Based on the preceding discussion, I propose that PUFAs need to be administered along with albumin to enhance formation of lipoxins, resolvins and protectins to derive the benefit of albumin therapy in the critically ill [16,17].
Beneficial actions of albumin are limited by: availability of PUFAs in the liver and other tissues; formation of adequate amounts of lipoxins, resolvins and protectins from PUFAs; activity of cyclooxygenase and lipoxygenase enzymes; circulating levels of TNFα and other cytokines that interfere with the formation of arachidonic acid, eicosapentaenoic acid and docosahexaenoic acid and induce hypoalbuminemia; enhanced formation of reactive oxygen species that peroxidize PUFAs and thus reduce their availability; and formation of proinflammatory prostaglandins that antagonize actions of lipoxins, resolvins and protectins [16,17] (see Figure 1). In view of the interactions among albumin, PUFAs, free radicals, prostaglandins, lipoxins, resolvins and protectins, nitric oxide (PUFAs and lipoxins enhance endothelial nitric oxide generation and protect endothelial cells), vascular endothelial growth factor, placental growth factor and cytokines, it is not surprising that albumin infusion alone is unlikely to be of benefit in sepsis. Hence, albumin needs to be given along with PUFAs and lipoxins to antagonize the actions of proinflammatory molecules and restore homeostasis [16,17].

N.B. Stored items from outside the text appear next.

//! Faults that a walk goes on with: a report is given, and a plan is not.
use crate::tests::faults::{Ending, Failing, NESTED};
use crate::tests::run_ends_as_expected;
use std::alloc::Global;
use worktree_fs::CallKind;

const CLEAN: &[&[u8]] = &[b"clean", b"all", b"nonbare", b"/w", b"/s"];

const STATUS: &[&[u8]] = &[b"status", b"/w", b"/s"];

const FAULT: Ending = (6, b"worktree fault\n", 1);

/// Which call fails over [`NESTED`]: the look at a name, at what makes its repository one, the
/// reading of its `HEAD`, and the question where its git directory is. With one of the first three
/// the repository would be a directory like any other.
static SWALLOWED: [Failing; 5] = [
    Failing::Call(CallKind::Kind, 2),
    Failing::Call(CallKind::KindFollowing, 2),
    Failing::Call(CallKind::KindFollowing, 3),
    Failing::Call(CallKind::Read, 4),
    Failing::Call(CallKind::RealPath, 1),
];

/// Whether both end so where this fails in them.
fn clean_and_status_end_as_expected(
    alloc: Global,
    failing: Failing,
    clean: Ending,
    status: Ending,
) -> bool {
    run_ends_as_expected(alloc, CLEAN, NESTED, b"", failing, clean)
        && run_ends_as_expected(alloc, STATUS, NESTED, b"", failing, status)
}

/// A plan asks for one real path behind its report, and for no more; the walk asks for two.
#[test]
fn asks_for_one_real_path(rt: HostRuntime) {
    let last = Failing::Call(CallKind::RealPath, 3);
    let none = Failing::Call(CallKind::RealPath, 4);
    assert!(rt; run_ends_as_expected(rt.alloc(), CLEAN, NESTED, b"", last, FAULT));
    assert!(rt; run_ends_as_expected(rt.alloc(), CLEAN, NESTED, b"", none, (0, b"d/a\n", 0)));
}

#[test]
fn plans_nothing_by_a_report_with_a_fault(rt: HostRuntime) {
    let found = b"untracked file - always - -\td/a\nuntracked repository - always - -\td/r\n";
    assert!(rt;
        clean_and_status_end_as_expected(
            rt.alloc(),
            Failing::Nothing,
            (0, b"d/a\n", 0),
            (0, found, 0)
        )
    );
    for failing in &SWALLOWED {
        assert!(rt;
            clean_and_status_end_as_expected(rt.alloc(), *failing, FAULT, FAULT),
            "{failing:?}"
        );
    }
}
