//! What words ask for.
use bstr::ByteSlice;
use clean_plan::{Finding, What};
use command_line::{
    Color, Command, Force, Form, LineEnd, Misuse, Request, RulesGiven, Topic, Verb, Wording,
    message_of_misuse, parse_request_words,
};
use dir_classify::{CollapsedEntriesEmissionMode, EmissionMode, ForDeletionMode};
use git_clean::Cleaning;
use git_setup::Asked;
use gitbase_core::Bytes;
use ls_files::{DeletedModifiedChoice, Listing};
use std::alloc::Global;
use worktree_report::{SetupOptions, Strategy};

/// Rows: the words, parted by `,`, and behind `>` what is to be so, parted by `;`.
const ROWS: &[u8] = b"\
report>report;untracked;strict;excludes;depth 256;no path;words;feed;auto;here\n\
-C,/w/d,report>report;in /w/d\n\
-C,,report>report;here\n\
report,-u>untracked\n\
report,-ucollapse>untracked collapse\n\
report,--untracked-files=collapse,-umatching>untracked\n\
report,--ignored>ignored\n\
report,--ignored=collapse>ignored collapse\n\
report,--ignored,--ignored=no>not ignored\n\
report,--collapsed=mismatch>collapsed mismatch\n\
report,--collapsed=all>collapsed all\n\
report,--tracked,--pruned,--empty-directories>tracked;pruned;empty\n\
report,--tracked,--no-tracked>not tracked\n\
report,--origins,--submodules,--outcome,--precious>origins;submodules;outcome;precious\n\
report,--no-excludes,--no-strict-parents>not excludes;not strict\n\
report,--recurse-repositories,--bare-repositories,--links-as-directories>recurse;bare;links\n\
report,--for-deletion=hide>deletion hide\n\
report,--for-deletion=nonbare>deletion nonbare\n\
report,--strategy=at-once>at once\n\
report,--depth=7>depth 7\n\
report,--depth,1000,a>depth 1000;path a\n\
report,-z,--plain,--color>nul;letters;always\n\
report,--color=auto,--no-color>never\n\
report,-zucollapse,a>nul;untracked collapse;path a\n\
report,a,--tracked>tracked;path a\n\
report,--,--tracked>not tracked;path --tracked\n\
report,->path -\n\
plan>plan;only untracked;bare stay\n\
plan,-xz>plan;ignored too;nul\n\
plan,-X,--nonbare,a>plan;ignored alone;bare go;path a\n\
plan,--no-excludes,--depth=0>plan;not excludes;depth 0\n\
modules>modules\n\
modules,--permissions=isolated>modules;isolated\n\
state>state;by bytes;no path;words;feed\n\
state,--ignored,-z>state;by bytes;ignored;nul\n\
state,--by-stat>state;by stat;untracked;not ignored;no path;words;feed;auto;here\n\
state,--by-stat,--ignored,-z>state;by stat;ignored;nul\n\
-C,/w/d,state,-z,--by-stat,--by-stat,--no-excludes>in /w/d;state;by stat;nul;not excludes\n\
ls-files>files;index;current;depth 1000;no path;from here\n\
ls-files,-oz,--exclude-standard>others;ended;rules\n\
ls-files,--others,--no-others,a>not others;path a\n\
ls-files,-oxa>others;pattern a;not rules\n\
ls-files,-o,--exclude=a b,--exclude-per-directory=.gitignore>pattern a b;rules of directories;not rules\n\
ls-files,-o,-x,-c,--exclude-standard>pattern -c;rules\n\
ls-files,-k>killed;not others\n\
ls-files,--killed,-o,--no-others>killed;not others\n\
ls-files,-d>gone;not others;from here\n\
ls-files,-m,--,a>other;not others;path a\n\
ls-files,-md>gone or other;not others\n\
ls-files,--deleted,--modified,--no-deleted>other\n\
ls-files,-dm,--no-deleted,--no-modified>files;not others\n\
ls-files,-ocd,-xa>gone;others;pattern a\n\
ls-files,--no-empty-directory,--directory>directories\n\
ls-files,-oX,a,--exclude-from=b>others;stronger a b;weaker;no pattern\n\
ls-files,-X,a,--exclude-standard,-Xb>rules;weaker a;stronger b\n\
ls-files,-Xa,--exclude-standard,--exclude-from,-o,--exclude-standard>weaker a -o;stronger;not others\n\
ls-files,-o,-X,,-x,b>stronger ;pattern b\n\
ls-files,--full-name,--,-o>not others;from the top;path -o\n\
ls-files,-sh>help files\n\
clean,-n>clean;dry;spares;current;depth 1000;no path;no pattern;unforced\n\
clean,-ndx,a>dry;directories;ignored too;path a\n\
clean,a,-qX,--dry-run>dry;quiet;ignored alone;directories;path a\n\
clean,-n,--no-dry-run,--quiet,--no-quiet>wet;loud\n\
clean,-ffn>dry;forced twice\n\
clean,-n,--force>forced once\n\
clean,-f,--no-force>dropped\n\
clean,--no-force,-nf>alone\n\
clean,-nea>dry;pattern a;no path;spares\n\
clean,-ne,-d,b>dry;pattern -d;path b\n\
clean,--exclude=a b>pattern a b\n\
clean,--exclude,--,-n>dry;pattern --;no path\n\
clean,-e,>pattern \n\
clean,-n,--,-d>path -d;directories\n\
clean,-nh>help clean\n\
report,--help>help report\n\
plan,-zh>help plan\n\
state,--by-stat,-h>help state\n\
--help>help whole\n\
-h>help whole\n\
--version>version";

Adipose-fatty acid binding protein (A-FABP), which induces insulin resistance and whose levels are increased in the critically ill [18], is a carrier of fatty acids and is expressed primarily in adipocytes and macrophages. A-FABP regulates systemic insulin sensitivity and lipid and glucose metabolism [19]. Mice deficient in A-FABP are resistant to the development of hyperinsulinemia, hyperglycemia and insulin resistance [18].
A-FABP can be linked to the expression of Toll-like receptors, macrophage activation, synthesis and release of proinflammatory cytokines IL-6 and TNFα, activation of cyclooxygenase-2 expression and eicosanoid synthesis, events that cause insulin resistance and initiation and progression of inflammation and sepsis. PUFAs and lipoxins, resolvins and protectins suppress A-FABP expression, inhibit macrophage and cyclooxygenase-2 activation, and decrease production of proinflammatory cytokines, and thus decrease insulin resistance and resolve inflammation and augment recovery from sepsis [18,19]. Hence, serial measurement of both proinflammatory and anti-inflammatory molecules and correlation of their levels with the progression to or recovery from (or both) sepsis and other inflammatory processes may help to predict prognosis in inflammatory conditions and eventually could lead to the development of new therapeutic strategies.